Correlation Between Home Depot and Leading Edge
Can any of the company-specific risk be diversified away by investing in both Home Depot and Leading Edge at the same time? Although using a correlation coefficient on its own may not help to predict future stock returns, this module helps to understand the diversifiable risk of combining Home Depot and Leading Edge into the same portfolio, which is an essential part of the fundamental portfolio management process.
By analyzing existing cross correlation between Home Depot and Leading Edge Materials, you can compare the effects of market volatilities on Home Depot and Leading Edge and check how they will diversify away market risk if combined in the same portfolio for a given time horizon. You can also utilize pair trading strategies of matching a long position in Home Depot with a short position of Leading Edge. Check out your portfolio center. Please also check ongoing floating volatility patterns of Home Depot and Leading Edge.

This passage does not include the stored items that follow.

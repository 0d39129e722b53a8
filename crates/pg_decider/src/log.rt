//! The nodes of a tree, in the order in which they are visited.

ghost use Rattle.std.specs.Prelude.{◌≡◌, ◌+◌, ◌-◌, ◌<◌, ◌≤◌, [], ◌∷◌, ◌++◌, length, slice_index_or, IfOk};
ghost use Rattle.pg_decider.specs.Held.{LogTable};
ghost use Rattle.pg_decider.specs.declared.log.TreeNode.TheVariants.{Leaf};

use pg_region::Lit;
use std::alloc::{AllocError, Global};
use std::marker::Model;

/// A node of a tree: it splits at a literal, or it is a leaf.
#[derive(Clone, Copy, Debug, Drop)]
pub enum TreeNode {
    Split(Lit),
    Leaf,
}

/// The nodes of a tree in preorder, numbered from 1.
#[derive(Drop)]
pub struct TreeLog {
    nodes: Vec<TreeNode>,
}

impl Model for TreeLog {
    ghost use Rattle.std.specs.Prelude.{◌≤◌, ◌<◌, ◌^◌, length, vec_capacity};
    ghost use Rattle.pg_decider.specs.Held.{LogTable};

    ghost Value = { LogTable };

    ghost view = { λ l. record { lines = l.nodes.items; room = vec_capacity l.nodes } };

    ghost invariant = { λ l. vec_capacity l.nodes < 2 ^ 32 };
}

impl TreeLog {
    /// An empty log with room for so many nodes.
    pub fn make(alloc: Global, nodes: u32) -> Result<TreeLog, AllocError>
        ensures { IfOk result (λ l. l ≡ record { lines = []; room = nodes }) }
    {
        let nodes = Vec::with_capacity(alloc, nodes as usize)?;
        Ok(TreeLog { nodes })
    }

    /// How many nodes there are.
    pub fn len(&self) -> u32
        ensures { result ≡ length self.now.lines }
    {
        self.nodes.len() as u32
    }

    /// The node with a number, from 1 on.
    pub fn node(&self, i: u32) -> TreeNode
        requires { (1 ≤ i) × (i ≤ length self.now.lines) }
        ensures { result ≡ slice_index_or self.now.lines (i - 1) Leaf }
    {
        self.nodes[(i - 1) as usize]
    }

    /// Forgets all nodes.
    pub(crate) fn clear(&mut self)
        ensures { self.new ≡ record { lines = []; room = self.old.room } }
    {
        self.nodes.truncate(0);
    }

    /// Appends a node.
    pub(crate) fn push(&mut self, node: TreeNode)
        requires { length self.old.lines < self.old.room }
        ensures { self.new ≡ record { lines = self.old.lines ++ node ∷ []; room = self.old.room } }
    {
        self.nodes.push_reserved(node);
    }
}
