//! Whether clauses can be satisfied, by the plain tree: unit propagation with watched literals, and splits.
//!
//! What this crate promises the layers above: `Workspace::decide` answers as a tree says that is defined without any order of
//! work. It visits exactly the nodes of that tree up to the first model, and answers that its budget is spent exactly where these
//! are more. After a closed tree its log is the tree in preorder; after a model each clause has a true literal. It looks at clauses
//! no more often than watched literals need. `Workspace::leaf` gives clauses that close a leaf of a closed tree. Neither takes memory:
//! `Workspace::make` and `TreeLog::make` take it.
#![tactic(auto)]

mod attach;
mod chains;
pub mod laws;
mod leaf;
mod log;
mod search;
mod settle;
mod split;
mod trail;
mod verdict;
mod walk;
mod watches;
mod workspace;

pub use log::{TreeLog, TreeNode};
pub use verdict::Verdict;
pub use workspace::Workspace;
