//! The clauses that close a leaf.

ghost use Rattle.std.specs.Prelude.{◌≡◌, ℕ, Bool, List, ◌+◌, ◌-◌, ◌*◌, ◌^◌, ◌<◌, ◌≤◌, true, false, ◌||◌, [], ◌∷◌, length, take, drop, slice_index_or, vec_capacity};
ghost use Rattle.pg_region.specs.Literal.{Literal, negated};
ghost use Rattle.pg_region.specs.Region.{clause_at};
ghost use Rattle.pg_decider.specs.Assignment.{on, AreFalse, HasConflict};
ghost use Rattle.pg_decider.specs.Leaf.{IsLeaf};
ghost use Rattle.pg_decider.specs.Lean.{AreUnits, AreMarks};
ghost use Rattle.pg_decider.specs.Reached.{AreWithin};
ghost use Rattle.pg_decider.specs.Tree.{IsNode};
ghost use Rattle.pg_decider.specs.Watch.{place, Grown};
ghost use Rattle.pg_decider.specs.declared.settle.Node.TheVariants.{Shut};

use crate::trail::Trail;
use crate::watches::{Watches, place_of};
use pg_region::{ClauseReader, Lit};

/// Closes a node that is shut, from its path on the trail.
pub fn shut(watches: &mut Watches, reader: &mut ClauseReader, trail: &mut Trail)
    requires over { AreWithin trail.old.atoms reader.old.clauses }
    requires lists { 2 * trail.old.atoms + 3 ≤ length watches.old.chains.lists }
    requires slots { 2 * length reader.old.clauses ≤ watches.old.chains.slots }
    requires slot_room { 2 * length reader.old.clauses ≤ vec_capacity watches.old.slots }
    requires few { 2 * length reader.old.clauses < 2 ^ 32 }
    requires node { IsNode reader.old.clauses (on trail.old.literals) Shut }
    ensures reader { reader.new.clauses ≡ reader.old.clauses }
    ensures room { (vec_capacity watches.new.slots ≡ vec_capacity watches.old.slots) × (length watches.new.chains.lists ≡ length watches.old.chains.lists) × (watches.new.chains.slots ≡ watches.old.chains.slots) }
    ensures grown { Grown reader.old.clauses trail.old trail.new }
    ensures shut { HasConflict reader.old.clauses (on trail.new.literals) }
{
    if !watches.attach(reader, trail) {
        return;
    }
    watches.propagate(reader, trail, 0);
}

/// Whether each literal of a clause is false.
fn is_false(clause: &[Lit], trail: &Trail) -> bool
    requires { (l : Literal) → on clause.now l ≡ true → l.atom ≤ trail.now.atoms }
    ensures yes { result ≡ true → AreFalse (on trail.now.literals) clause.now }
    ensures no { result ≡ false → AreFalse (on trail.now.literals) clause.now → ⊥ }
{
    for literal in clause {
        if !trail.is_true(literal.negated()) {
            return false;
        }
    }
    true
}

/// The number of a clause that is all false.
pub fn conflict_of(reader: &mut ClauseReader, trail: &Trail) -> u32
    requires over { AreWithin trail.now.atoms reader.old.clauses }
    requires some { HasConflict reader.old.clauses (on trail.now.literals) }
    ensures reader { reader.new.clauses ≡ reader.old.clauses }
    ensures number { (1 ≤ result) × (result ≤ length reader.old.clauses) }
    ensures shut { AreFalse (on trail.now.literals) (clause_at reader.old.clauses (result - 1)) }
{
    let count = reader.count();
    'clauses: for k in 0..count {
        if is_false(reader.clause(k + 1), trail) {
            return k + 1;
        }
    }
    unreachable!()
}

/// Takes all marks away.
fn clear(marks: &mut [bool])
    ensures { (i : ℕ) → slice_index_or marks.new i false ≡ false }
{
    for i in 0..marks.len() {
        marks[i] = false;
    }
}

/// Marks the negations of a clause's literals.
fn mark(marks: &mut [bool], clause: &[Lit])
    requires { (l : Literal) → on clause.now l ≡ true → place (negated l) < length marks.old }
    ensures { (l : Literal) → place l < length marks.old → slice_index_or marks.new (place l) false ≡ (slice_index_or marks.old (place l) false || on clause.now (negated l)) }
{
    for literal in clause {
        marks[place_of(literal.negated())] = true;
    }
}

/// Writes to the end of the list the reasons that lead from the first `path` literals of the trail to a clause that is all false, and
/// that clause. Answers where they begin.
pub fn lean(
    reader: &mut ClauseReader,
    trail: &Trail,
    path: u32,
    conflict: u32,
    marks: &mut [bool],
    list: &mut [u32],
) -> usize
    requires over { AreWithin trail.now.atoms reader.old.clauses }
    requires path { path ≤ length trail.now.literals }
    requires units { AreUnits reader.old.clauses trail.now path }
    requires number { (1 ≤ conflict) × (conflict ≤ length reader.old.clauses) }
    requires shut { AreFalse (on trail.now.literals) (clause_at reader.old.clauses (conflict - 1)) }
    requires marks { length marks.old ≡ 2 * trail.now.atoms + 3 }
    requires list { length list.old ≡ trail.now.atoms + 2 }
    ensures from { result ≤ length list.new }
    ensures leaf { IsLeaf reader.old.clauses (on (take path trail.now.literals)) (drop result list.new) }
{
    clear(marks);
    let mut from = list.len() - 1;
    list[from] = conflict;
    mark(marks, reader.clause(conflict));
    let mut j = trail.len();
    'literals: while j > path {
        j -= 1;
        let literal = trail.at(j);
        if marks[place_of(literal)] {
            let number = trail.reason(j);
            from -= 1;
            list[from] = number;
            mark(marks, reader.clause(number));
        }
    }
    from
}
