//! What a node is: propagation first, and then one pass over the clauses.

ghost use Rattle.std.specs.Prelude.{◌≡◌, ℕ, Bool, List, ◌+◌, ◌-◌, ◌*◌, ◌^◌, ◌<◌, ◌≤◌, true, false, not, ◌&&◌, [], ◌∷◌, ◌++◌, length, take, vec_capacity, IfSome, MatchOption};
ghost use Rattle.pg_region.specs.Literal.{Literal, negated};
ghost use Rattle.pg_region.specs.Pieces.{total};
ghost use Rattle.pg_decider.specs.Assignment.{on, IsClosed};
ghost use Rattle.pg_decider.specs.Chains.{chain};
ghost use Rattle.pg_decider.specs.Search.{IfMet, IfOpen};
ghost use Rattle.pg_decider.specs.Tree.{IsNode};
ghost use Rattle.pg_decider.specs.Watch.{Placed, Watching, Watched, Shape, Grown, KeepsWatched};
ghost use Rattle.pg_decider.specs.declared.settle.Node.{Node};

use crate::split::split;
use crate::trail::Trail;
use crate::watches::Watches;
use pg_region::{ClauseReader, Lit};

/// How a node ends, once its literals are propagated.
#[derive(Clone, Copy, Drop)]
pub enum Node {
    /// A clause is all false.
    Shut,
    /// Each clause has a true literal.
    Met,
    /// It splits at this literal.
    Open(Lit),
}

/// Closes the node whose literals from `from` on are not propagated yet, and finds how it ends.
pub fn settle(
    watches: &mut Watches,
    reader: &mut ClauseReader,
    trail: &mut Trail,
    from: u32,
) -> Node
    requires shape { Shape reader.old.clauses watches.old.slots.items watches.old.chains trail.old }
    requires placed { Placed reader.old.clauses watches.old.slots.items watches.old.chains.lists 0 (length watches.old.slots.items) }
    requires empty { chain watches.old.chains.lists 0 ≡ [] }
    requires from { from ≤ length trail.old.literals }
    requires watching { Watching reader.old.clauses watches.old.slots.items [] (on (take from trail.old.literals)) (on trail.old.literals) (length watches.old.slots.items) }
    ensures reader { (reader.new.clauses ≡ reader.old.clauses) × (reader.new.atoms ≡ reader.old.atoms) }
    ensures looks { reader.new.looks ≤ reader.old.looks + (length reader.old.clauses + total reader.old.clauses) }
    ensures room { (vec_capacity watches.new.slots ≡ vec_capacity watches.old.slots) × (length watches.new.chains.lists ≡ length watches.old.chains.lists) × (watches.new.chains.slots ≡ watches.old.chains.slots) }
    ensures shape { Shape reader.old.clauses watches.new.slots.items watches.new.chains trail.new }
    ensures placed { Placed reader.old.clauses watches.new.slots.items watches.new.chains.lists 0 (length watches.new.slots.items) }
    ensures empty { chain watches.new.chains.lists 0 ≡ [] }
    ensures grown { Grown reader.old.clauses trail.old trail.new }
    ensures keeps { KeepsWatched reader.old.clauses watches.old.slots.items watches.new.slots.items (on trail.old.literals) }
    ensures node { (n : Node) → IsNode reader.old.clauses (on trail.old.literals) n → n ≡ result }
    ensures closed { IfMet result (IsClosed reader.old.clauses (on trail.new.literals)) }
    ensures watched { IfOpen result (λ l. Watched reader.old.clauses watches.new.slots.items (on trail.new.literals)) }
    ensures unset { IfOpen result (λ l. (l.atom ≤ trail.new.atoms) × (on trail.new.literals l ≡ false) × (on trail.new.literals (negated l) ≡ false)) }
{
    if !watches.propagate(reader, trail, from) {
        return Node::Shut;
    }
    match split(reader, trail) {
        Some(literal) => Node::Open(literal),
        None => Node::Met,
    }
}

Diversification Opportunities for Home Depot and Leading Edge
-0.58 | Correlation Coefficient |
Excellent diversification
The 3 months correlation between Home and Leading is -0.58. Overlapping area represents the amount of risk that can be diversified away by holding Home Depot and Leading Edge Materials in the same portfolio, assuming nothing else is changed. The correlation between historical prices or returns on Leading Edge Materials and Home Depot is a relative statistical measure of the degree to which these equity instruments tend to move together. The correlation coefficient measures the extent to which returns on Home Depot are associated (or correlated) with Leading Edge. Values of the correlation coefficient range from -1 to +1, where. The correlation of zero (0) is possible when the price movement of Leading Edge Materials has no effect on the direction of Home Depot i.e., Home Depot and Leading Edge go up and down completely randomly.
Pair Corralation between Home Depot and Leading Edge
Allowing for the 90-day total investment horizon Home Depot is expected to generate 0.19 times more return on investment than Leading Edge. However, Home Depot is 5.38 times less risky than Leading Edge. It trades about 0.23 of its potential returns per unit of risk. Leading Edge Materials is currently generating about -0.03 per unit of risk. If you would invest 36,283 in Home Depot on September 3, 2024 and sell it today you would earn a total of 6,630 from holding Home Depot or generate 18.27% return on investment over 90 days.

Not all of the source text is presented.